If you move your mouse over the plot on the right, you'll see that you change the value of \(\theta\) for which the probability distribution on the right is drawn. If you move your mouse over to \(\theta=0.5\), the probability distribution should look like the binomial in the first figure above, on the left. If you move your mouse to \(\theta=0.9\), the distribution on the right should like the distribution in the first figure above, on the right. The horizontal gray line shows how the probability distribution (left) gives rise to the likelihood (right). Values of \(\theta\) for which the observed data are highly probably yield high likelihood values; values of \(\theta\) for which the observed data are highly improbable yield low likelihood values.

At this point, we note two important things about likelihood.

  • Likelihood is not probability. Although it was created using probabilities (in this case, the probabilities of binomial outcomes), likelihood values are not probabilities (or densities). The likelihood need not sum or integrate to 1, as probability must. One way to think about likelihood is as a "weight" of evidence. The likelihood function uses the data to determine what weight to apply to our prior belief in order to transform it to our posterior belief.
  • Values of likelihood are to be interpreted relative to other values. The absolute magnitude of the likelihood is unimportant. It is meaningless to say, for instance, that "the likelihood for \(\theta=0.5\) is 0.16", without further context. The likelihood function tells us how likely particular values of a parameter are relative to all other values, so "the likelihood for \(\theta=0.5\) is 3000 times the likelihood for \(\theta=0.9\)" is, however, perfectly OK.

We are can now return to our initial statement of Bayes' theorem and concentrate on what the role of the likelihood is. Recall Bayes' theorem:  \[ \mbox{Posterior} \propto \mbox{Likelihood}\times\mbox{Prior}. \] Our initial beliefs about an unknown parameter are represented by the prior distribution. The likelihood function, which is a function of the unknown parameter, serves as a weight, weighting some values higher and some values lower. This weighing is determined by the observed data; values of the parameter that are very close to the observed data will be weighted higher, and values of the parameter that are far away from the data will be weighted lower. The result of weighting the prior distribution by the likelihood is the posterior, which represents our new beliefs about the parameter, properly informed by the data.
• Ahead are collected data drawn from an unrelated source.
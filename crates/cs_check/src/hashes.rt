//! The hashes of the leaves of a table's records. Those that changed wait for the next root.
ghost use Rattle.std.specs.Prelude.{◌≡◌, ◌<◌, [], ◌∷◌, IfOk, OnOk};
ghost use Rattle.std.specs.Map.{keys_of, values_of, lookup};
ghost use Rattle.cs_tx_value.specs.Key.{key_encoding};
ghost use Rattle.cs_tx_types.specs.Record.{stored_encoding};
ghost use Rattle.cs_merkle.specs.Tree.{leaf_hash};
ghost use Rattle.cs_merkle_kept.specs.Leaves.{AreRising, all_put, leaf_entry, leaf_entries};
ghost use Rattle.cs_ledger.specs.Session.{Key as Name};
ghost use Rattle.cs_table.specs.Seen.{IsStored, is_under, seen};
ghost use Rattle.cs_check.specs.Leaves.{HasLeaves, HasLeavesBut, AreWaiting, hashes_of, leaves_taken};
ghost use Rattle.cs_check.specs.Root.{table_root as root_of};

use crate::root::record_leaf;
use cs_base::{Key, Memory};
use cs_merkle_kept::{Incremental, Leaf, Steps};
use cs_table::{Record, Table};
use cs_tx::{Digest, Encoded};
use cs_tx_types::key_fits;
use std::alloc::Global;
use std::collections::BTreeMap;
use std::marker::{Brand, Model};
use std::mem;
use std::sync::ledger::{Blank, Ledger};

/// A tree over the leaves, and those that were taken over since it was last joined.
#[derive(Drop)]
pub struct Hashes {
    tree: Incremental,
    waiting: BTreeMap<Key, Leaf>,
}

impl Model for Hashes {
    ghost use Rattle.cs_check.specs.Leaves.{Hashed, LeavesAreHashed, hashes_of};

    ghost Value = { Hashed };

    ghost view = { λ h. record { tree = h.tree; waiting = hashes_of h.waiting.entries } };

    ghost invariant = { λ h. LeavesAreHashed h.tree h.waiting.entries };
}

fn key_bytes(alloc: Global, key: &Key) -> Result<Vec<u8>, Memory>
    ensures { IfOk result (λ bytes. bytes.items ≡ key_encoding key.now) }
{
    key_fits(key);
    key.to_bytes(alloc)
}

// The leaf of a record, under its encoded key.
fn hashed(alloc: Global, key: &Key, row: &Record) -> Result<Leaf, Memory>
    requires { IsStored row.now }
    ensures { IfOk result (λ leaf. leaf_entry leaf ≡ (
      key_encoding key.now,
      leaf_hash (stored_encoding (record { key = key.now; value = row.now })),
    )) }
{
    let bytes = key_bytes(alloc, key)?;
    let leaf = record_leaf(alloc, key, row)?;
    let made = Leaf::new(alloc, bytes.as_slice(), leaf.as_slice())?;
    Ok(made)
}

// Takes over the leaf of a key, where the table knows something of it.
fn take_key(
    alloc: Global,
    waiting: &mut BTreeMap<Key, Leaf>,
    table: &Table,
    key: &Key,
) -> Result<(), Memory>
    requires { AreWaiting waiting.old.entries }
    ensures fits { AreWaiting waiting.new.entries }
    ensures taken { OnOk result ((name : Name) →
        lookup (is_under name) (hashes_of waiting.new.entries)
        ≡ leaves_taken (seen table.now) (key.now ∷ []) (hashes_of waiting.old.entries) name) }
{
    match table.record(key) {
        Some(row) => {
            key_fits(key);
            let leaf = hashed(alloc, key, row)?;
            waiting.insert(*key, leaf)?;
            Ok(())
        }
        None => Ok(()),
    }
}

// Takes over the leaves of the touched keys.
fn take_touched(
    alloc: Global,
    waiting: &mut BTreeMap<Key, Leaf>,
    table: &Table,
) -> Result<(), Memory>
    requires { AreWaiting waiting.old.entries }
    ensures fits { AreWaiting waiting.new.entries }
    ensures taken { OnOk result ((name : Name) →
        lookup (is_under name) (hashes_of waiting.new.entries)
        ≡ leaves_taken (seen table.now) table.now.touched (hashes_of waiting.old.entries) name) }
{
    for key in table.touched() {
        take_key(alloc, waiting, table, key)?;
    }
    Ok(())
}

// Takes over the leaves of all records.
fn take_all(alloc: Global, waiting: &mut BTreeMap<Key, Leaf>, table: &Table) -> Result<(), Memory>
    requires { AreWaiting waiting.old.entries }
    ensures fits { AreWaiting waiting.new.entries }
    ensures taken { OnOk result ((name : Name) →
        lookup (is_under name) (hashes_of waiting.new.entries)
        ≡ leaves_taken (seen table.now) (keys_of table.now.rows) (hashes_of waiting.old.entries) name) }
{
    for (key, _) in table.records() {
        take_key(alloc, waiting, table, key)?;
    }
    Ok(())
}

// The leaves in rising order of their encoded keys.
fn leaves_of(alloc: Global, waiting: BTreeMap<Key, Leaf>) -> Result<Vec<Leaf>, Memory>
    requires { AreWaiting waiting.entries }
    ensures leaves { IfOk result (λ leaves. leaves.items ≡ values_of waiting.entries) }
    ensures rising { IfOk result (λ leaves. AreRising (keys_of (leaf_entries leaves.items))) }
{
    let mut leaves = Vec::new(alloc);
    for (_, leaf) in waiting {
        leaves.push(leaf)?;
    }
    Ok(leaves)
}

// Puts leaves; nobody asks how many nodes that joins.
fn put_counted<L: Ledger>(
    alloc: Global,
    tree: Incremental,
    leaves: Vec<Leaf>,
    blank: Blank,
) -> Result<Incremental, Memory>
    requires rising { AreRising (keys_of (leaf_entries leaves.items)) }
    requires name { blank.name ≡ L.name }
    requires parts { blank.parts ≡ L.parts }
    requires some { 0 < L.parts }
    ensures { IfOk result (λ new. new ≡ all_put tree (leaf_entries leaves.items)) }
{
    let mut tree = tree;
    let mut steps: Steps<L> = Steps::new(blank);
    tree.put_all(alloc, leaves.as_slice(), &mut steps)?;
    Ok(tree)
}

fn joined(
    alloc: Global,
    tree: Incremental,
    waiting: BTreeMap<Key, Leaf>,
) -> Result<Incremental, Memory>
    requires { AreWaiting waiting.entries }
    ensures new { IfOk result
        (λ new. new ≡ all_put tree (leaf_entries (values_of waiting.entries))) }
    ensures rising { IfOk result
        (λ new. AreRising (keys_of (leaf_entries (values_of waiting.entries)))) }
{
    let leaves = leaves_of(alloc, waiting)?;
    put_counted::<Brand>(alloc, tree, leaves, Blank::new(1))
}

impl Hashes {
    /// The leaves of all records of a table. None is joined yet.
    pub fn new(alloc: Global, table: &Table) -> Result<Hashes, Memory>
        ensures { IfOk result (λ hashes. HasLeaves hashes (seen table.now)) }
    {
        let mut waiting = BTreeMap::new(alloc);
        take_all(alloc, &mut waiting, table)?;
        Ok(Hashes {
            tree: Incremental::new(alloc),
            waiting,
        })
    }

    /// Takes over the leaves of the touched keys. It is written so that no other record is encoded or
    /// hashed: no clause counts that.
    pub fn take(&mut self, alloc: Global, table: &Table) -> Result<(), Memory>
        requires { HasLeavesBut table.now.touched self.old (seen table.now) }
        ensures { OnOk result (HasLeaves self.new (seen table.now)) }
    {
        take_touched(alloc, &mut self.waiting, table)
    }

    /// The root over all leaves. It puts those that wait at once, so that no node is joined twice: no
    /// clause counts that.
    pub fn root(&mut self, alloc: Global, table: &Table) -> Result<Digest, Memory>
        requires { HasLeaves self.old (seen table.now) }
        ensures root { IfOk result (λ root. root ≡ root_of table.now.rows) }
        ensures leaves { OnOk result (HasLeaves self.new (seen table.now)) }
    {
        let _records = table.records();
        let tree = mem::replace(&mut self.tree, Incremental::new(alloc));
        let waiting = mem::replace(&mut self.waiting, BTreeMap::new(alloc));
        self.tree = joined(alloc, tree, waiting)?;
        let root = self.tree.root();
        Ok(root)
    }
}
One issue that we haven't addressed is how the likelihood function changes as we increase the amount of data we have. It is critical for any statistical method to be sensitive to the data: the more data we have, the greater precision we should be able to attribute to our estimates of parameters. Recall that our likelihood function for \(\theta\), the binomial parameter, is \[\theta^y(1-\theta)^{N-y}.\] Notice that we've dropped the choose function \(\binom{N}{y}\) from the front, because it is unnecessary (it does not change when we change \(\theta\); dropping that term does not affect the relative values of the likelihood, just the absolute magnitudes). It may not be obvious from the likelihood function, but as the amount of data increases, the likelihood function narrows further and further. The plot below shows how this happens. Try changing \(N\) using the slider; as you do so the plot will keep the relative value of \(y\) as close as possible to 11/20.

Notice that the likelihood narrows around a single value as \(N\) gets larger. Another way to say this is that more and more values become implausible (unlikely, relative as we other values) as we collect more data. When we multiply our prior distribution by our (increasingly narrow) likelihood function, the resulting posterior will also become increasingly narrow. We can now see that the likelihood represents the change in our beliefs from before we saw the data to after we saw the data. This is what defines the likelihood's role as representing the evidence from the data.